> _Data to process_:
※ ※ ※

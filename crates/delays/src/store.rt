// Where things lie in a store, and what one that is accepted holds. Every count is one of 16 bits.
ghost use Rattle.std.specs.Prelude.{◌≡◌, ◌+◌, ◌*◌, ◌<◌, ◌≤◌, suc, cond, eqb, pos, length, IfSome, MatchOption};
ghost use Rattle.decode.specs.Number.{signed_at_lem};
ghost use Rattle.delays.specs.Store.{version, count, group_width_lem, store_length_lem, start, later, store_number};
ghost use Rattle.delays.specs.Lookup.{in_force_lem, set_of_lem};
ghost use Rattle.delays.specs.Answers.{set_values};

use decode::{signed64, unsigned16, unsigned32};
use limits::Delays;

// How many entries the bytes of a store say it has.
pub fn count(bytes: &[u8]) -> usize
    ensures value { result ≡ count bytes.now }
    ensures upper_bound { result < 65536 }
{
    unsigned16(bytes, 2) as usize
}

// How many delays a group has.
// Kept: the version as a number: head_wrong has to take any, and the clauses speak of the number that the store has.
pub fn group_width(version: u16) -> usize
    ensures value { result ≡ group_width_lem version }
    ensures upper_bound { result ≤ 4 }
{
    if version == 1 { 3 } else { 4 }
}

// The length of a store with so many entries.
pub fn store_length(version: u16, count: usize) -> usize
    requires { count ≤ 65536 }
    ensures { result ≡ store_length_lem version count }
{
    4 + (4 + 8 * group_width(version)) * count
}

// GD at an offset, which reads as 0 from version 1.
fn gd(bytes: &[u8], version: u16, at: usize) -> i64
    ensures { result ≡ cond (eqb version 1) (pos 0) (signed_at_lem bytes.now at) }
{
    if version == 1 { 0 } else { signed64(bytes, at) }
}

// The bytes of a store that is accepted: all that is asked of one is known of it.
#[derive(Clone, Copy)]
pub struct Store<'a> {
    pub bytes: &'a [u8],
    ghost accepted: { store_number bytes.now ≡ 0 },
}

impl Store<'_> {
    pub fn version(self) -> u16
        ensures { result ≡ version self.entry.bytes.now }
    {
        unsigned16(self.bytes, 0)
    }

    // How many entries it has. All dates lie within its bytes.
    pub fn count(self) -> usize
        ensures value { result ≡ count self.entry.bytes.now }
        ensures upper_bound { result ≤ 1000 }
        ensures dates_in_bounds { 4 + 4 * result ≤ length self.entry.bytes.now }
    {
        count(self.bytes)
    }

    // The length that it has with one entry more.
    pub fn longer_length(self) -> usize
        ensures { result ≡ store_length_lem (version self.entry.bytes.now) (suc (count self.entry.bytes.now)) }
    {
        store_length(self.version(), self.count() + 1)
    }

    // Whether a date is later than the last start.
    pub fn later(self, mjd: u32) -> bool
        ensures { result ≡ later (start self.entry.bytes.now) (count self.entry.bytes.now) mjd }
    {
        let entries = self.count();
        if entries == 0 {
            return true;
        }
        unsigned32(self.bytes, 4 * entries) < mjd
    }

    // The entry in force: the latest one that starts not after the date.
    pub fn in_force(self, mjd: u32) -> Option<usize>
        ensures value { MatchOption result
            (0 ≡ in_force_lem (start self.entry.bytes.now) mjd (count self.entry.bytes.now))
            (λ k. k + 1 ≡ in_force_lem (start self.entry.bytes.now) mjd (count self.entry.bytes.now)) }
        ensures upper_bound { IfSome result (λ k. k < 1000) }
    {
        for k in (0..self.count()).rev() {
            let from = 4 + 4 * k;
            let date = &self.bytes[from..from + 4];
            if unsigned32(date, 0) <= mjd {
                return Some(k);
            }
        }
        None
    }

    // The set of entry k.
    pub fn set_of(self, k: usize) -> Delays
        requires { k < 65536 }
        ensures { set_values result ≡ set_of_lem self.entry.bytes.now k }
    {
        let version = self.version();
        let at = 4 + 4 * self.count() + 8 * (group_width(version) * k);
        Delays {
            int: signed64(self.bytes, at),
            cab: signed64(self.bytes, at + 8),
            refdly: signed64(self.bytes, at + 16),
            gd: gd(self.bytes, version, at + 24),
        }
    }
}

※ ※ ※

> _Assignment_: Transcribe, in full, each record that appears above.

> _Completed task_:
filename crates/delays/src/store.rt
// Where things lie in a store, and what one that is accepted holds. Every count is one of 16 bits.
ghost use Rattle.std.specs.Prelude.{◌≡◌, ◌+◌, ◌*◌, ◌<◌, ◌≤◌, suc, cond, eqb, pos, length, IfSome, MatchOption};
ghost use Rattle.decode.specs.Number.{signed_at_lem};
ghost use Rattle.delays.specs.Store.{version, count, group_width_lem, store_length_lem, start, later, store_number};
ghost use Rattle.delays.specs.Lookup.{in_force_lem, set_of_lem};
ghost use Rattle.delays.specs.Answers.{set_values};

use decode::{signed64, unsigned16, unsigned32};
use limits::Delays;

// How many entries the bytes of a store say it has.
pub fn count(bytes: &[u8]) -> usize
    ensures value { result ≡ count bytes.now }
    ensures upper_bound { result < 65536 }
{
    unsigned16(bytes, 2) as usize
}

// How many delays a group has.
// Kept: the version as a number: head_wrong has to take any, and the clauses speak of the number that the store has.
pub fn group_width(version: u16) -> usize
    ensures value { result ≡ group_width_lem version }
    ensures upper_bound { result ≤ 4 }
{
    if version == 1 { 3 } else { 4 }
}

// The length of a store with so many entries.
pub fn store_length(version: u16, count: usize) -> usize
    requires { count ≤ 65536 }
    ensures { result ≡ store_length_lem version count }
{
    4 + (4 + 8 * group_width(version)) * count
}

// GD at an offset, which reads as 0 from version 1.
fn gd(bytes: &[u8], version: u16, at: usize) -> i64
    ensures { result ≡ cond (eqb version 1) (pos 0) (signed_at_lem bytes.now at) }
{
    if version == 1 { 0 } else { signed64(bytes, at) }
}

// The bytes of a store that is accepted: all that is asked of one is known of it.
#[derive(Clone, Copy)]
pub struct Store<'a> {
    pub bytes: &'a [u8],
    ghost accepted: { store_number bytes.now ≡ 0 },
}

impl Store<'_> {
    pub fn version(self) -> u16
        ensures { result ≡ version self.entry.bytes.now }
    {
        unsigned16(self.bytes, 0)
    }

    // How many entries it has. All dates lie within its bytes.
    pub fn count(self) -> usize
        ensures value { result ≡ count self.entry.bytes.now }
        ensures upper_bound { result ≤ 1000 }
        ensures dates_in_bounds { 4 + 4 * result ≤ length self.entry.bytes.now }
    {
        count(self.bytes)
    }

    // The length that it has with one entry more.
    pub fn longer_length(self) -> usize
        ensures { result ≡ store_length_lem (version self.entry.bytes.now) (suc (count self.entry.bytes.now)) }
    {
        store_length(self.version(), self.count() + 1)
    }

    // Whether a date is later than the last start.
    pub fn later(self, mjd: u32) -> bool
        ensures { result ≡ later (start self.entry.bytes.now) (count self.entry.bytes.now) mjd }
    {
        let entries = self.count();
        if entries == 0 {
            return true;
        }
        unsigned32(self.bytes, 4 * entries) < mjd
    }

    // The entry in force: the latest one that starts not after the date.
    pub fn in_force(self, mjd: u32) -> Option<usize>
        ensures value { MatchOption result
            (0 ≡ in_force_lem (start self.entry.bytes.now) mjd (count self.entry.bytes.now))
            (λ k. k + 1 ≡ in_force_lem (start self.entry.bytes.now) mjd (count self.entry.bytes.now)) }
        ensures upper_bound { IfSome result (λ k. k < 1000) }
    {
        for k in (0..self.count()).rev() {
            let from = 4 + 4 * k;
            let date = &self.bytes[from..from + 4];
            if unsigned32(date, 0) <= mjd {
                return Some(k);
            }
        }
        None
    }

    // The set of entry k.
    pub fn set_of(self, k: usize) -> Delays
        requires { k < 65536 }
        ensures { set_values result ≡ set_of_lem self.entry.bytes.now k }
    {
        let version = self.version();
        let at = 4 + 4 * self.count() + 8 * (group_width(version) * k);
        Delays {
            int: signed64(self.bytes, at),
            cab: signed64(self.bytes, at + 8),
            refdly: signed64(self.bytes, at + 16),
            gd: gd(self.bytes, version, at + 24),
        }
    }
}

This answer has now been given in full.